Commentary: Hipstix adds Asian fusion to Tchoup restaurant row

New Orleans CityBusiness, Jun 23, 2008 by Tom Fitzmorris

Hipstix

$$

Warehouse District: 870 Tchoupitoulas St.

581-2858

Lunch Monday through Friday. Dinner Monday through Saturday

www.hipstixasianfusion.com

The Tchoupitoulas Restaurant Row.

I can't say that without hesitation. And it's not because I don't know how to pronounce "Tchoupitoulas."

Anyone old enough to read this newspaper remembers Tchoupitoulas Street downtown as a long row of rough-looking warehouses, not as a place to go for nightlife.

Now it's one cafe after another for blocks and blocks. Some of them -- notably Lucy's Retired Surfer Bar and Grill -- collect a sidewalk full of young adults hanging out after a day at work. A lot of them live in the neighborhood. If any have the urge to move upscale for dinner, they can do so within a block or two.

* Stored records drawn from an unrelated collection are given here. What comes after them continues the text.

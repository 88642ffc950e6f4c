//! How a case ends.

use std::{io, str};

/// How many lines of a text are printed at most.
const LINES: usize = 20;

/// How many bytes of a text are printed at most.
const BYTES: usize = 100_000;

/// The status, what `err` and `out` hold, and of each watch of the panel its name and its sum.
#[derive(Drop)]
pub struct End {
    pub status: u8,
    pub err: Vec<u8>,
    pub out: Vec<u8>,
    pub sums: Vec<(&'static str, u128)>,
}

impl End {
    /// Whether the status and what is written are those of another end.
    pub fn is_as(&self, other: &End) -> bool {
        self.status == other.status
            && self.err.as_slice() == other.err.as_slice()
            && self.out.as_slice() == other.out.as_slice()
    }

    /// Prints the status, what `err` holds, what `out` holds, and the name and the sum of each watch.
    pub fn print(&self, rt: &HostRuntime) -> io::Result<()> {
        println!(rt; "  status {}", self.status)?;
        print_text(rt, "err", self.err.as_slice())?;
        print_text(rt, "out", self.out.as_slice())?;
        for (name, sum) in &self.sums {
            println!(rt; "  shown {name} {sum}")?;
        }
        Ok(())
    }
}

/// Prints each line of a text behind a name, or how many there are and how many bytes they have. Bytes that stand
/// behind the last line feed are called the front of a line.
fn print_text(rt: &HostRuntime, name: &str, bytes: &[u8]) -> io::Result<()> {
    let lines = bytes.iter().filter(|byte| **byte == b'\n').count();
    if lines > LINES || bytes.len() > BYTES {
        return println!(rt; "  {name} has {lines} lines, {} bytes", bytes.len());
    }
    let Ok(text) = str::from_utf8(bytes) else {
        return println!(rt; "  {name} is no text");
    };
    let mut left = text;
    for _ in 0..lines {
        let Some((line, rest)) = left.split_once('\n') else {
            break;
        };
        println!(rt; "  {name}: {line}")?;
        left = rest;
    }
    if !left.is_empty() {
        println!(rt; "  {name} front: {left}")?;
    }
    Ok(())
}
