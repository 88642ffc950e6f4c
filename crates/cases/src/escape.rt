//! Bytes that are written as text.

ghost use Rattle.std.specs.Prelude.{◌<◌, IfSome};

use std::alloc::{AllocError, Global};

/// What the next byte of a text belongs to.
#[derive(Clone, Copy)]
enum Within {
    /// It stands for itself, or begins an escape.
    Plain,
    /// It stands behind a backslash.
    Escape,
    /// It is the first digit of a byte.
    High,
    /// It is the second digit of a byte, and this is sixteen times the first.
    Low(u8),
}

/// The value of a hexadecimal digit.
fn digit(byte: u8) -> Option<u8>
    ensures { IfSome result (λ d. d < 16) }
{
    match byte {
        b'0'..=b'9' => Some(byte - b'0'),
        b'a'..=b'f' => Some(byte - b'a' + 10),
        b'A'..=b'F' => Some(byte - b'A' + 10),
        _ => None,
    }
}

/// The byte that an escape of one letter stands for.
fn named(letter: u8) -> Option<u8> {
    match letter {
        b'n' => Some(b'\n'),
        b'r' => Some(b'\r'),
        b't' => Some(b'\t'),
        b's' => Some(b' '),
        b'\\' => Some(b'\\'),
        _ => None,
    }
}

/// What a byte adds where it stands, and what the one behind it belongs to. None where no escape goes on so.
fn step(within: Within, byte: u8) -> Option<(Option<u8>, Within)> {
    match (within, byte) {
        (Within::Plain, b'\\') => Some((None, Within::Escape)),
        (Within::Plain, _) => Some((Some(byte), Within::Plain)),
        (Within::Escape, b'x') => Some((None, Within::High)),
        (Within::Escape, _) => Some((Some(named(byte)?), Within::Plain)),
        (Within::High, _) => Some((None, Within::Low(digit(byte)? * 16))),
        (Within::Low(high), _) => Some((Some(digit(byte)? | high), Within::Plain)),
    }
}

/// The bytes that a text stands for. None where an escape isn't one, or is cut off.
pub fn unescaped(alloc: Global, text: &str) -> Result<Option<Vec<u8>>, AllocError> {
    let mut bytes = Vec::new(alloc);
    let mut within = Within::Plain;
    for byte in text.as_bytes() {
        let Some((added, next)) = step(within, *byte) else {
            return Ok(None);
        };
        if let Some(added) = added {
            bytes.push(added)?;
        }
        within = next;
    }
    match within {
        Within::Plain => Ok(Some(bytes)),
        _ => Ok(None),
    }
}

At the other end of Emeril's block of Tchoupitoulas is Hipstix. It is indeed hip, and if you are, too, you'll grab the chopsticks. They're in a caddy in the middle of the table, along with napkins and Sriracha hot sauce in a big, clear squeeze bottle. The latter is now as much a fixture in Asian restaurants as Tabasco is everywhere else.

The caddy's contents suggest we're in a Vietnamese restaurant. And we are, sort of. But you find almost as much Thai food on the menu. As those two cuisines go, the range of Hipstix's menu options is sparing. More like that of an American gourmet bistro, with about a dozen and a half each of first courses and entrees.

Let's start with these Mama Pham's Asian wings. Chicken wings have always been a staple appetizer on Thai menus, but these might remind you more of Wow.

They're good, though -- uncoated fried drummettes and those two- bone center wing joints, served with a golden, tangy mayonnaise- like sauce. The wings are too hot to handle when they emerge, but you'll find it hard to resist letting yourself be burned. These are good, and they give you enough to split among a table of four with a beer or a cocktail.

The fried egg rolls and the fresh Vietnamese spring rolls are good. The former are big-gauge, jammed with shrimp, crabmeat, and pork shreds. The spring rolls are more refreshing this time of year, with cool boiled shrimp visible through the rice paper. It wraps the shrimp with a pillow of rice noodles (also cool) and sliced pork. On the side is Thai peanut sauce with a squirt of Sriracha; I recommend squirting some more in there.

Hipstix used to have a Vietnamese classic called bo tai chanh. It's basically raw ground beef seasoned heavily with lime juice atop a salad, and Vietnamese restaurants are hesitant enough to serve it to you that it just fell off Hipstix's menu. But it's good, and I'm hoping my mentioning it here brings it back.

The noodle bowls traditional Vietnamese restaurants call "bun" are here but at double the traditional price (Hipstix isn't expensive but bun dishes are usually absurdly cheap). It's grilled meat on top of rice noodles served at room temperature or cooler. I love this stuff. Here you can get grilled chicken, those savory Asian style pork meatballs, or a stir-fry of beef on top of the noodles. Or a Vietnamese oddity: noodles topped with egg rolls. Any of these makes a good light lunch for around $10.

"Siam street noodles" heats up this concept into a full-fledged pasta dish, tossed with rare beef slices (you could also have this with shrimp or chicken) and a thick coconut milk and peanut sauce. It's mildly spicy, fresh-tasting and pretty good. It's different from the familiar pad Thai, which is also available. That has more of a pepper kick.

Both bring way too much food to the table, with the usual miracle: you're uncomfortably full if you eat it all, but the sensation lasts only a few minutes.

The kitchen here gets creative, even impressive, in its specialties. The fish with tomatoes, pineapple and mushrooms is a sleek dish. It was made with striped bass the night I tried it and had a light sauce that reminded me a little of Vietnamese hot fish soup but with much more going on. They call it a ragout, but that's a stretch even given the French heritage in Vietnam. Good dish.

So is the salmon curry, in which the fish is just touched by the Thai red curry sauce but the scallops are right in it. This one is elegant in appearance as well as taste.

If you have a shrimp Jones, an entree described simply as spicy shrimp is exactly that. It gets the same pepper-hot job done that barbecue shrimp does but with a different flavor profile, a little on the sweet side.

Hipstix's environment is clearly tuned to the likes of those people we see at Lucy's. The walls and ceilings are dark, the music is the kind I would never listen to on purpose (but didn't find disturbing), and the service staff is young and sophisticated. Things seem to get going here later in the evening.

Between the many Warehouse District residents and no small number of tourists, things are happening and the streets strike me as quite safe.

I'll report sporadically on other restaurants in the neighborhood during the coming months. It's one of the best areas of town to seek out a meal.